October 9, 2012
Elite schools around the world are more selective than ever before. The University of Pennsylvania accepted 47 percent of applicants in 1991, compared to only 12.3 percent of applicants in 2012. Harvard University made news this year with a record low acceptance rate of 5.9 percent for the class of 2016.
With such slim chances, what are the keys to getting in?
To get some perspective on the admissions process, we spoke with experts from the US, UK and Asia. Together they revealed one key difference between applying to school in the US vs. anywhere else.
Bev Taylor, founder of the New York-based college consulting firm Ivy Coach told us that in order to gain admission to the most selective colleges in the US, “students need to have standardized test scores that are at least comparable to the college’s mean scores, as well as exceptional grades in the most rigorous courses. But to differentiate themselves from the tens of thousands of other candidates applying to the same college, they have to have a real hook — a singular, unique talent or expertise. They have to be able to ‘tell their story’ and articulate who they are in powerful college essays.”
That’s not so in the rest of the world.
Dr. Lewis Owens, founder and managing director of EdmissionUK, an international higher education and cultural consultancy, says that “UK universities have a strict quota on the number of students they can take, particularly from outside the European Union, so they can, and must, be extremely selective about who they accept.” Applications, he says, “have to be focused very much on the academic motivation and interest in the subject for which the student is applying. The priority for admissions tutors is first and foremost the student’s academic ability and potential. Extracurricular activities, while they may show admirable qualities such as teamwork and leadership, play little role in the overall assessment of the application.”
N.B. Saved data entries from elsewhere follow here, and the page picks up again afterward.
//! Edits of a source as rustc draws them: the lines that they change, and the new ones.
#![tactic(auto)]

mod changes;
mod edit_rows;
mod edited;
pub mod laws;
mod suggestions;

pub use edited::{Edit, placed_edit};
pub use suggestions::{put_edits, put_help_word};
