//! Fronts of texts that read as the same tokens before each word.

ghost use Rattle.std.specs.Prelude.{◌≡◌, ◌↔◌, IsTrue, chars};
ghost use Rattle.rust_tokens.specs.Fronts.{EndsWithBarrier, is_barrier};
ghost use Rattle.rust_tokens.specs.Runs.{first_passes, is_id_start};

use crate::texts::{Class, is_id_start, split_first};

/// Returns whether the character stands in no word and no number, and opens no literal.
fn is_barrier(c: char) -> bool
    ensures { result ≡ is_barrier c }
{
    !(c == '#'
        || c == '"'
        || c == '\''
        || c == '.'
        || c == '+'
        || c == '-'
        || Class::Continue.passes(c))
}

/// Returns whether the text ends with a barrier: a character that stands in no word and no number,
/// and opens no literal.
pub fn ends_with_barrier(text: &str) -> bool
    ensures { IsTrue result ↔ EndsWithBarrier (chars text.now) }
{
    match text.chars().next_back() {
        Some(c) => is_barrier(c),
        None => false,
    }
}

/// Returns whether the text begins with a word.
pub fn begins_with_word(text: &str) -> bool
    ensures { result ≡ first_passes is_id_start (chars text.now) }
{
    match split_first(text) {
        Some((c, _)) => is_id_start(c),
        None => false,
    }
}
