//! The lines that are written to standard error where there is no answer.

ghost use Rattle.std.specs.Prelude.{◌≡◌, ◌++◌, IsCharBoundary, OnOk, decimal, string_bytes};
ghost use Rattle.lint_program.specs.Messages.{failure, not_literal, opening, place_failure, reason};
ghost use Rattle.lint_program.specs.Messages.{place_text};
ghost use Rattle.shown_text.specs.Shown.{IsLine};

use itoa::Buffer;
use literal_faults::LiteralFault;
use piece_listing::verdict::RunFault;
use rust_trees::{Place, place_at};
use shown_text::{Kind, put_shown};
use std::alloc::AllocError;

/// Returns the words of the system in the text of an error of reading or writing, without the
/// number that std adds.
pub fn system_words(text: &str) -> &str {
    match text.split_once(" (os error ") {
        Some((words, _)) => words,
        None => text,
    }
}

/// Appends the start of a line: the name of the program and the path. Returns `Err` if an
/// allocation fails.
fn put_opening(out: &mut String, path: &str) -> Result<(), AllocError>
    ensures { OnOk result (string_bytes out.new ≡ string_bytes out.old ++ opening path.now) }
{
    out.push_str("formatlint: ")?;
    put_shown(out, Kind::Line, path)?;
    out.push_str(":")?;
    Ok(())
}

/// Returns the reason why there is no answer. For a read or a write that failed, `words` has the
/// words of the system, if it has any.
fn reason<'a>(fault: RunFault, words: &'a str) -> &'a str
    ensures { result.now ≡ reason fault words.now }
{
    match fault {
        RunFault::Read if words.is_empty() => "reading failed",
        RunFault::Write if words.is_empty() => "writing failed",
        RunFault::Read | RunFault::Write => words,
        RunFault::Words => "invalid arguments",
        RunFault::TooLong => "longer than 1048576 bytes",
        RunFault::NotText => "not UTF-8",
        RunFault::NotLiteral => "not a string literal",
        RunFault::Memory => "out of memory",
    }
}

/// Appends the line that says why there is no answer for the input with this path. For a read or a
/// write that failed `words` has the words of the system, if it has any. Returns `Err` if an
/// allocation fails, and a part of the line may then be appended.
#[tactic(auto, using(crate::proofs::Lines::one_line))]
pub fn put_failure(
    out: &mut String,
    path: &str,
    fault: RunFault,
    words: &str,
) -> Result<(), AllocError>
    ensures written { OnOk result (string_bytes out.new
        ≡ string_bytes out.old ++ failure path.now fault words.now) }
    ensures line { IsLine (failure path.now fault words.now) }
{
    put_opening(out, path)?;
    out.push_str(" ")?;
    put_shown(out, Kind::Line, reason(fault, words))?;
    out.push_str("\n")?;
    Ok(())
}

/// Appends a number in decimal digits. Returns `Err` if an allocation fails.
fn put_number(out: &mut String, number: usize) -> Result<(), AllocError>
    ensures { OnOk result (string_bytes out.new ≡ string_bytes out.old ++ decimal number) }
{
    let mut buffer = Buffer::new();
    out.push_str(buffer.format(number))?;
    Ok(())
}

/// Appends a place: the line, a colon and the column. Returns `Err` if an allocation fails.
fn put_place(out: &mut String, place: Place) -> Result<(), AllocError>
    ensures { OnOk result (string_bytes out.new ≡ string_bytes out.old ++ place_text place) }
{
    put_number(out, place.line)?;
    out.push_str(":")?;
    put_number(out, place.column)?;
    Ok(())
}

/// Appends the lines that say why the file with this path holds no string literal, at which place,
/// and which option reads it as a text. Returns `Err` if an allocation fails, and a part of the
/// lines may then be appended.
pub fn put_not_literal(
    out: &mut String,
    path: &str,
    file: &str,
    fault: &LiteralFault,
) -> Result<(), AllocError>
    requires { IsCharBoundary file.now fault.now.offset }
    ensures { OnOk result (string_bytes out.new
        ≡ string_bytes out.old ++ not_literal path.now file.now fault.now) }
{
    put_opening(out, path)?;
    put_place(out, place_at(file, fault.offset))?;
    out.push_str(": ")?;
    fault.kind.put_message(out)?;
    out.push_str("\n  = help: with --text the input is read as it stands\n")?;
    Ok(())
}

/// Appends the line that says why the file with this path is not read from a place on. Returns
/// `Err` if an allocation fails, and a part of the line may then be appended.
#[tactic(auto, using(crate::proofs::Lines::one_line))]
pub fn put_place_failure(
    out: &mut String,
    path: &str,
    place: Place,
    words: &str,
) -> Result<(), AllocError>
    ensures written { OnOk result (string_bytes out.new
        ≡ string_bytes out.old ++ place_failure path.now place words.now) }
    ensures line { IsLine (place_failure path.now place words.now) }
{
    put_opening(out, path)?;
    put_place(out, place)?;
    out.push_str(": ")?;
    put_shown(out, Kind::Line, words)?;
    out.push_str("\n")?;
    Ok(())
}
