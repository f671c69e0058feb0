//! Jobs over Rust source text.

use crate::digest::Digest;
use crate::random::Random;
use format_calls::Table;
use rust_tokens::tokens;
use source_lint::file_faults;
use source_report::{CallReading, Options};
use std::alloc::{AllocError, Global};

/// The number of bytes of a file.
const SIZE: usize = 100_000;

/// Lines of programs.
const LINES: &[&str] = &[
    "use std::collections::{BTreeMap, HashMap};\n",
    "\n",
    "/// Returns the number of entries that are not empty.\n",
    "//! A module of its own.\n",
    "    // An entry is empty if it has no bytes.\n",
    "pub fn entries<'a, T: Iterator<Item = &'a str>>(list: T) -> Result<usize, Error> {\n",
    "    let mut count = 0usize;\n",
    "    for (index, entry) in list.enumerate() {\n",
    "        if !entry.is_empty() && index < 0xff_ff {\n",
    "            count += 1;\n",
    "        }\n",
    "    }\n",
    "}\n",
    "    println!(\"{index:>4} {}: {count}\\n\", self.name);\n",
    "    let path = r#\"C:\\dir\\\"file\"\"#;\n",
    "    match c { 'a'..='z' | '\\n' | '\\u{e9}' => true, _ => false }\n",
    "    let half = 1.5e-3_f64 * x.powi(2) + 0b1010 as f64;\n",
    "    assert_eq!(bytes, b\"abc\\x00\", \"wrong bytes: {:?}\", bytes);\n",
    "impl<T> fmt::Display for Wrapper<T> where T: fmt::Display + 'static {\n",
    "    /* A comment /* with one inside */ and more. */\n",
    "#[derive(Clone, Copy, Debug, Eq, PartialEq)]\n",
    "pub struct Point { pub x: i32, pub y: i32 }\n",
    "    'outer: loop { break 'outer; }\n",
    "        return Err(Error::new(ErrorKind::Other, format!(\"no such entry: {name}\")));\n",
    "    let na\u{ef}ve = \"caf\u{e9} \u{2192} \u{1f600}\";\n",
    "    self.items.iter().filter(|it| it.len() >= 2).map(|it| it.trim()).collect::<Vec<_>>()\n",
    "const TABLE: [u8; 4] = [b'a', b'\\'', 10, 0o17];\n",
    "    unsafe { *ptr.add(offset as usize) = value; }\n",
    "macro_rules! max { ($a:expr, $($rest:expr),+) => {{ let b = max!($($rest),+); b }} }\n",
    "    let r#type = c\"text\"; // kept\n",
];

/// Returns a file.
fn file(alloc: Global, random: &mut Random, number: usize) -> Result<String, AllocError> {
    let mut out = String::new(alloc);
    for line in 0..SIZE {
        if out.len() >= SIZE {
            break;
        }
        out.push_str(random.pick(LINES))?;
        if line % 10 == 0 {
            let value = random.below(1_000_000);
            write!(out, "static ITEM_{number}_{value}: u64 = {value};\n")?;
        }
    }
    Ok(out)
}

/// Reads the tokens of as many files.
pub fn lex_each(
    alloc: Global,
    count: usize,
    random: &mut Random,
    digest: &mut Digest,
) -> Result<(), AllocError> {
    for number in 0..count {
        let file = file(alloc, random, number)?;
        for token in &tokens(alloc, file.as_str())? {
            digest.add(token.kind as u64);
            digest.add_range(&token.span);
            digest.add_size(token.suffix_start);
            digest.add(u64::from(token.is_ended));
        }
    }
    Ok(())
}

/// Reads the calls of as many files, and finds their faults.
pub fn read_each(
    alloc: Global,
    count: usize,
    random: &mut Random,
    digest: &mut Digest,
) -> Result<(), AllocError> {
    let options = Options {
        table: Table::standard(alloc)?,
        is_from_2021: true,
    };
    for number in 0..count {
        let file = file(alloc, random, number)?;
        let report = file_faults(alloc, file.as_str(), &options)?;
        for call in &report.calls {
            digest.add(u64::from(matches!(call, CallReading::Whole)));
        }
        for finding in &report.findings {
            digest.add_bytes(finding.title.as_bytes());
            digest.add_range(&finding.span);
        }
    }
    Ok(())
}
Duc Luu, CEO of The Edge Learning Center in Hong Kong, agrees: “Students must demonstrate clearly why they want to study a particular course. Their personal statements must show academic achievement and motivations, evidence of leadership skills, and articulate situations where the students has overcome difficulties to achieve their goals. Every mention of extracurricular activities should have relevance to their intended field of study.”
“In these respects,” Luu says, “UK university applications mirror U.S. graduate school applications.”